Following a disappointing month of February where most of economic indicators came below expectations (retail sales, industrial production, existing home sales, etc.), high frequency indicators are now pointing to a sharp economic rebound that should materialize in March figures. The slowdown in U.S. economic activity observed in February was transitory and reflected a pullback from January (boosted by the $900bn stimulus voted in December), refund delays from IRS and adverse weather conditions.
As a result, weather normalization, an easing of Covid-19 restrictions in several states and the $1.9 trillion fiscal boost signed in March should translate into a massive economic rebound.
1. Oil production rebounded strongly amid weather normalization
In February, weather conditions were particularly advserse in some parts of the U.S. According to the EIA, “The cold snap that affected much of the central part of the country in mid-February disrupted energy systems, particularly in and around Texas. In the U.S. Gulf Coast, where the petroleum infrastructure has rarely operated in sub-zero temperatures, several refineries fully or partially shut down, leading to the largest reduction in Gulf Coast refinery operations in several years.” The move contributed to a significant decline in national mining production in February (-5.4% MoM). On the positive side, latest data show that oil production recovered in early March with no “permanent” production lost.
Our real-time US oil production tracking shows we are at ~10.8 to ~11 mb/d following the full recovery from the freeze-off.— HFI Research (@HFI_Research) March 17, 2021
No "permanent" production was lost from this.#OOTT pic.twitter.com/DXpdKyFtbA
2. Easing restrictions has boosted mobility
In the meantime, the improvement of the health situation since mid-January has pushed several states (California, Texas, etc.) to loosen Covid-19 restrictions. The easing of restrictions has translated into a bounce of mobility based on Apple data. Other data also show the same pattern with gasoline demand returning to pre-crisis level in March.

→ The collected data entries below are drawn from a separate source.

// The segments of a replica: slots that cover all handles.
ghost use Rattle.std.specs.Prelude.{◌≡◌, ◌≢◌, ◌==◌, ◌+◌, ◌-◌, ◌^◌, ◌<◌, ◌≤◌, ℕ, cond, true, List, drop, length, map, position, set, slice_get, slice_index_or, take, Some, None, IfOk, OnOk, OnErr, vec_capacity, vec_len};
ghost use Rattle.segment_list.specs.Flushes.{IsFlushOf, flushed_slot};
ghost use Rattle.std.specs.List.{All};
ghost use Rattle.std.specs.BTreeMap.{get, is_at};
ghost use Rattle.std.specs.Ordering.{nat_cmp};
ghost use Rattle.flash_types.specs.Ranges.{all_handles, holds, least_handle};
ghost use Rattle.good_replica.specs.Good.{CoversFrom};
ghost use Rattle.segment_list.specs.Lists.{AreNoted, Cover, CoverAlike, HaveNoted, NumbersDiffer, is_file_in, range_alone, with_slots};
ghost use Rattle.segment_list.specs.Slots.{Slotted, absorbed, key_of};

use crate::Memory;
use crate::flush::{Flush, flush_of};
use crate::list::{absorb_within, place_within, take_back_within};
use crate::moving::put_slots;
use crate::naming::is_file_in;
use crate::slot::Slot;
use column_block::Block;
use flash_io::FileId;
use flash_types::{Handle, HandleRange, SegId};
use std::alloc::Global;
use std::collections::BTreeMap;
use std::marker::Model;

/// The segments of a replica, which cover all handles, in their order, each with a number of its own.
/// Contracts see the list of them. Beside it stands where the segment of each number begins, as far
/// as there was memory to note it.
#[derive(Drop)]
pub struct SegmentList<G> {
    slots: Vec<Slot<G>>,
    lows: BTreeMap<SegId, Handle>,
    all_noted: bool,
}

impl<G> Model for SegmentList<G> {
    ghost use Rattle.std.specs.Prelude.{List};
    ghost use Rattle.std.specs.BTreeMap.{get};
    ghost use Rattle.std.specs.Ordering.{nat_cmp};
    ghost use Rattle.segment_list.specs.Slots.{Slotted};
    ghost use Rattle.segment_list.specs.Lists.{AreSegments};

    ghost Value = { List (Slotted G) };

    ghost view = { λ it. it.slots.items };

    ghost invariant = { λ it. AreSegments (get nat_cmp it.lows) it.all_noted it.slots.items };
}

// Notes where the segment of a number begins.
fn note(lows: &mut BTreeMap<SegId, Handle>, id: SegId, low: Handle) -> Result<(), Memory>
    ensures { OnOk result ((q : ℕ) → get nat_cmp lows.new q ≡ cond (is_at (nat_cmp id) q) (Some low) (get nat_cmp lows.old q)) }
{
    match lows.insert(id, low) {
        Ok(_) => Ok(()),
        Err(_) => Err(Memory),
    }
}

// Notes where each of the slots begins. `Memory` comes where one can't be noted.
fn note_all<G: Drop>(lows: &mut BTreeMap<SegId, Handle>, slots: &[Slot<G>]) -> Result<(), Memory>
    requires { NumbersDiffer slots.now }
    ensures { OnOk result (HaveNoted (get nat_cmp lows.old) (get nat_cmp lows.new) slots.now) }
{
    for i in 0..slots.len() {
        let slot = &slots[i];
        note(lows, slot.id(), slot.low())?;
    }
    Ok(())
}

// Notes where more slots begin, and answers whether all are noted then, where it is known whether all
// others are.
fn all_noted_with<G: Drop>(
    lows: &mut BTreeMap<SegId, Handle>,
    slots: &[Slot<G>],
    all_noted: bool,
) -> bool
    requires { NumbersDiffer slots.now }
    ensures { result ≡ true → HaveNoted (get nat_cmp lows.old) (get nat_cmp lows.new) slots.now × (all_noted ≡ true) }
{
    match note_all(lows, slots) {
        Ok(()) => all_noted,
        Err(_) => false,
    }
}

// Where the segment of each number begins.
fn lows_of<G: Drop>(slots: &[Slot<G>], alloc: Global) -> Result<BTreeMap<SegId, Handle>, Memory>
    requires { NumbersDiffer slots.now }
    ensures { IfOk result (λ lows. AreNoted (get nat_cmp lows) slots.now) }
{
    let mut lows = BTreeMap::new(alloc);
    note_all(&mut lows, slots)?;
    Ok(lows)
}

// Forgets where the segment of a number begins.
fn forget(lows: &mut BTreeMap<SegId, Handle>, id: SegId)
    ensures { (q : ℕ) → get nat_cmp lows.new q ≡ cond (is_at (nat_cmp id) q) None (get nat_cmp lows.old q) }
{
    lows.remove(&id);
}

// Forgets where the slots from a place to another begin.
fn forget_some<G: Drop>(
    lows: &mut BTreeMap<SegId, Handle>,
    slots: &[Slot<G>],
    from: usize,
    to: usize,
)
    requires order { from ≤ to }
    requires within { to ≤ length slots.now }
    ensures { (q : ℕ) → ((k : ℕ) (d : Slotted G) → from ≤ k → k < to → (slice_index_or slots.now k d).id ≢ q) → get nat_cmp lows.new q ≡ get nat_cmp lows.old q }
{
    for i in from..to {
        forget(lows, slots[i].id());
    }
}

// Where the segment of a number begins, where there was one.
fn low_of(lows: &BTreeMap<SegId, Handle>, id: SegId) -> Option<Handle>
    ensures { result ≡ get nat_cmp lows.now id }
{
    match lows.get(&id) {
        Some(low) => Some(*low),
        None => None,
    }
}

// Adds to slots that have all handles what an entry says.
fn absorb_slots<G: Drop>(
    slots: &mut Vec<Slot<G>>,
    clears: Option<HandleRange>,
    adds: &Block,
    tag: u64,
    alloc: Global,
) -> Result<(), Memory>
    requires { Cover all_handles slots.old.items }
    ensures ok { OnOk result (slots.new.items ≡ map (absorbed tag clears adds.now) slots.old.items) }
    ensures err { OnErr result (slots.new.items ≡ slots.old.items) }
{
    let all = HandleRange::all();
    absorb_within(slots.as_mut_slice(), all, clears, adds, tag, alloc)
}

// Takes it off again.
fn take_back_slots<G: Drop>(slots: &mut Vec<Slot<G>>, clears: Option<HandleRange>, adds: &Block)
    requires { Cover all_handles slots.old.items }
    ensures keys { map key_of slots.new.items ≡ map key_of slots.old.items }
    ensures back { (before : List (Slotted G)) (tag : ℕ) → slots.old.items ≡ map (absorbed tag clears adds.now) before → slots.new.items ≡ before }
{
    let all = HandleRange::all();
    take_back_within(slots.as_mut_slice(), all, clears, adds);
}

// Puts a flush of the slot at a place.
fn put_at<G: Drop>(slots: &mut Vec<Slot<G>>, place: usize, flush: Flush)
    requires within { place < length slots.old.items }
    requires planned { (s : Slotted G) → slice_get slots.old.items place ≡ Some s → IsFlushOf s.files flush }
    requires room { (s : Slotted G) → slice_get slots.old.items place ≡ Some s → s.epoch < 2 ^ 64 - 1 }
    ensures keys { map key_of slots.new.items ≡ map key_of slots.old.items }
    ensures put { (s : Slotted G) → slice_get slots.old.items place ≡ Some s → slots.new.items ≡ set slots.old.items place (flushed_slot flush.from s) }
{
    slots[place].put_flush(flush);
}

// The place of the slot that holds a handle, of slots that have all of them.
fn place_of<G: Drop>(slots: &[Slot<G>], handle: Handle) -> Option<usize>
    requires { Cover all_handles slots.now }
    ensures { result ≡ position (λ s. holds s.range handle) slots.now }
{
    place_within(slots, HandleRange::all(), handle)
}

// The place of the slot of a number, where it is noted for each slot where it begins.
fn noted_place<G: Drop>(
    lows: &BTreeMap<SegId, Handle>,
    slots: &[Slot<G>],
    id: SegId,
) -> Option<usize>
    requires cover { CoversFrom least_handle (map range_alone slots.now) }
    requires noted { AreNoted (get nat_cmp lows.now) slots.now }
    ensures { result ≡ position (λ s. s.id == id) slots.now }
{
    let Some(low) = low_of(lows, id) else {
        return None;
    };
    let Some(place) = place_of(slots, low) else {
        return None;
    };
    if slots[place].id() == id {
        return Some(place);
    }
    None
}

// The same, by looking at the slots one by one.
fn place_with<G: Drop>(slots: &[Slot<G>], id: SegId) -> Option<usize>
    ensures { result ≡ position (λ s. s.id == id) slots.now }
{
    for i in 0..slots.len() {
        if slots[i].id() == id {
            return Some(i);
        }
    }
    None
}

impl<G: Drop> SegmentList<G> {
    /// A list of these slots.
    pub fn new(slots: Vec<Slot<G>>, alloc: Global) -> Result<SegmentList<G>, Memory>
        requires cover { CoversFrom least_handle (map range_alone slots.items) }
        requires numbers { NumbersDiffer slots.items }
        ensures { IfOk result (λ list. list ≡ slots.items) }
    {
        let lows = lows_of(slots.as_slice(), alloc)?;
        Ok(SegmentList {
            slots,
            lows,
            all_noted: true,
        })
    }

    /// That the segments cover all handles. It does nothing when it runs.
    pub fn covers(&self)
        ensures { CoversFrom least_handle (map range_alone self.now) }
    {
        let _slots = &self.slots;
    }

    /// That no two segments have the same number. It does nothing when it runs.
    pub fn numbers_differ(&self)
        ensures { NumbersDiffer self.now }
    {
        let _slots = &self.slots;
    }

    /// The slots, in the order of their handles.
    pub fn slots(&self) -> &[Slot<G>]
        ensures { result.now ≡ self.now }
    {
        self.slots.as_slice()
    }

    /// The place of the slot that holds the handle, found by halving.
    pub fn slot_at(&self, handle: Handle) -> Option<usize>
        ensures { result ≡ position (λ s. holds s.range handle) self.now }
    {
        place_of(self.slots.as_slice(), handle)
    }

    /// The place of the slot of this number; none where there is none. It is found in a map and by
    /// halving, or where memory ran out for the map, by looking at the slots one by one.
    pub fn slot_with(&self, id: SegId) -> Option<usize>
        ensures { result ≡ position (λ s. s.id == id) self.now }
    {
        if self.all_noted {
            return noted_place(&self.lows, self.slots.as_slice(), id);
        }
        place_with(self.slots.as_slice(), id)
    }

    /// Adds to each slot what an entry says of its handles: a delete-range and versions, with this
    /// tag. It looks at the slots that the entry says something of alone. After `Err` each slot is as
    /// before.
    pub fn absorb_all(
        &mut self,
        clears: Option<HandleRange>,
        adds: &Block,
        tag: u64,
        alloc: Global,
    ) -> Result<(), Memory>
        ensures ok { OnOk result (self.new ≡ map (absorbed tag clears adds.now) self.old) }
        ensures err { OnErr result (self.new ≡ self.old) }
    {
        match absorb_slots(&mut self.slots, clears, adds, tag, alloc) {
            Ok(()) => Ok(()),
            Err(_) => Err(Memory),
        }
    }

    /// Takes off again from each slot what an entry added. It takes no memory.
    pub fn take_back_all(&mut self, clears: Option<HandleRange>, adds: &Block)
        ensures { (before : List (Slotted G)) (tag : ℕ) → self.old ≡ map (absorbed tag clears adds.now) before → self.new ≡ before }
    {
        take_back_slots(&mut self.slots, clears, adds);
    }

    /// A flush of the slot at a place, whose blocks in memory get the numbers from this one on.
    /// `Memory` comes too where the numbers don't suffice.
    pub fn plan_flush(&self, place: usize, from: FileId, alloc: Global) -> Result<Flush, Memory>
        requires { place < length self.now }
        ensures from { IfOk result (λ flush. flush.from ≡ from) }
        ensures flush { IfOk result (λ flush. (s : Slotted G) → slice_get self.now place ≡ Some s → IsFlushOf s.files flush) }
    {
        flush_of(self.slots[place].layer(), from, alloc)
    }

    /// Puts a flush of the slot at a place: its blocks in memory are tiny files then, and all of its
    /// delta is named. It takes no memory.
    pub fn put_flush(&mut self, place: usize, flush: Flush)
        requires within { place < length self.old }
        requires planned { (s : Slotted G) → slice_get self.old place ≡ Some s → IsFlushOf s.files flush }
        requires room { (s : Slotted G) → slice_get self.old place ≡ Some s → s.epoch < 2 ^ 64 - 1 }
        ensures { (s : Slotted G) → slice_get self.old place ≡ Some s → self.new ≡ set self.old place (flushed_slot flush.from s) }
    {
        put_at(&mut self.slots, place, flush);
    }

    /// Puts slots in the place of `count` others that stand side by side, whose handles they have.
    /// It takes no memory that it must have: all slots move to `spare`, which has no element and room
    /// for all of them; and where there is none to note a number, that one is looked for among all
    /// slots from then on.
    pub fn replace(&mut self, place: usize, count: usize, news: Vec<Slot<G>>, spare: Vec<Slot<G>>)
        requires some { 0 < count }
        requires within { place + count ≤ length self.old }
        requires cover { CoverAlike (take count (drop place self.old)) news.items }
        requires numbers { NumbersDiffer (with_slots place count news.items self.old) }
        requires empty { vec_len spare ≡ 0 }
        requires room { length (with_slots place count news.items self.old) ≤ vec_capacity spare }
        ensures { self.new ≡ with_slots place count news.items self.old }
    {
        forget_some(&mut self.lows, self.slots.as_slice(), place, place + count);
        self.all_noted = all_noted_with(&mut self.lows, news.as_slice(), self.all_noted);
        put_slots(&mut self.slots, place, count, news, spare);
    }

    /// Whether the manifest names a file for the segments: as the file of a stable part, or as a tiny
    /// file of a delta. It looks at all segments.
    pub fn is_named(&self, file: FileId) -> bool
        ensures { result ≡ is_file_in file self.now }
    {
        is_file_in(self.slots.as_slice(), file)
    }
}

OOPS- UPDATED GRAPHIC. pic.twitter.com/jyZcUxa56M— Patrick De Haan ⛽️📊 (@GasBuddyGuy) March 22, 2021
In this context, Bloomberg reported that “Occupancy rates at U.S. hotels reached 52% last week, the highest since lockdowns began, according to lodging-data provider STR.”
3. March credit card data point to a rebound in consumer spending
Bank of America Chief Executive Officer Brian Moynihan said recently that “consumer spending and credit-card use are rebounding strongly“. In the meantime, JPM national credit and debit card spending data showed that the trend clearly improved in early March — before the new checks hit bank accounts.
🇺🇸 *BOFA CEO: CONSUMER SPENDING UP 10% SO FAR VERSUS MARCH 2020 - BBG— Christophe Barraud🛢 (@C_Barraud) March 15, 2021
*BOFA: MARCH SMALL-BUSINESS CREDIT TO EXCEED PRE-COVID LEVELS
*BOFA CEO: CONSUMER DELINQUENCIES BACK TO PRE-CRISIS LEVELS
*BOFA CEO: STIMULUS COMING INTO ACCOUNTS TODAY, TOMORROW
4. Labor market conditions improved significantly in March
Metrics linked to the labour market also posted robust results in early March. According to Indeed.com, “US job postings on March 12 were 8.6% above February 1, 2020, the pre-pandemic baseline“. In the meantime, JPMorgan’s alternative-data job-tracker suggests employment growth skyrocketed. It means that March NFP (release schudeled for April, 2) should increase sharply following a print of +379k in February.
JPMorgan’s alternative-data job-tracker suggests employment growth is kicking into a new gear.— Carl Quintanilla (@carlquintanilla) March 18, 2021
All in all, high frequency indicators point to a massive economic rebound as soon as March. The latter should boost 1Q21 GDP and offer a strong base effect for 2021. Moreover, the large amount of excess savings accumulated since March 2020 could partly flood the economy from 2Q21 amid improving confidence linked to the labour market and easing restrictions that would unlock spending related to travel, leisure and hospitality sectors.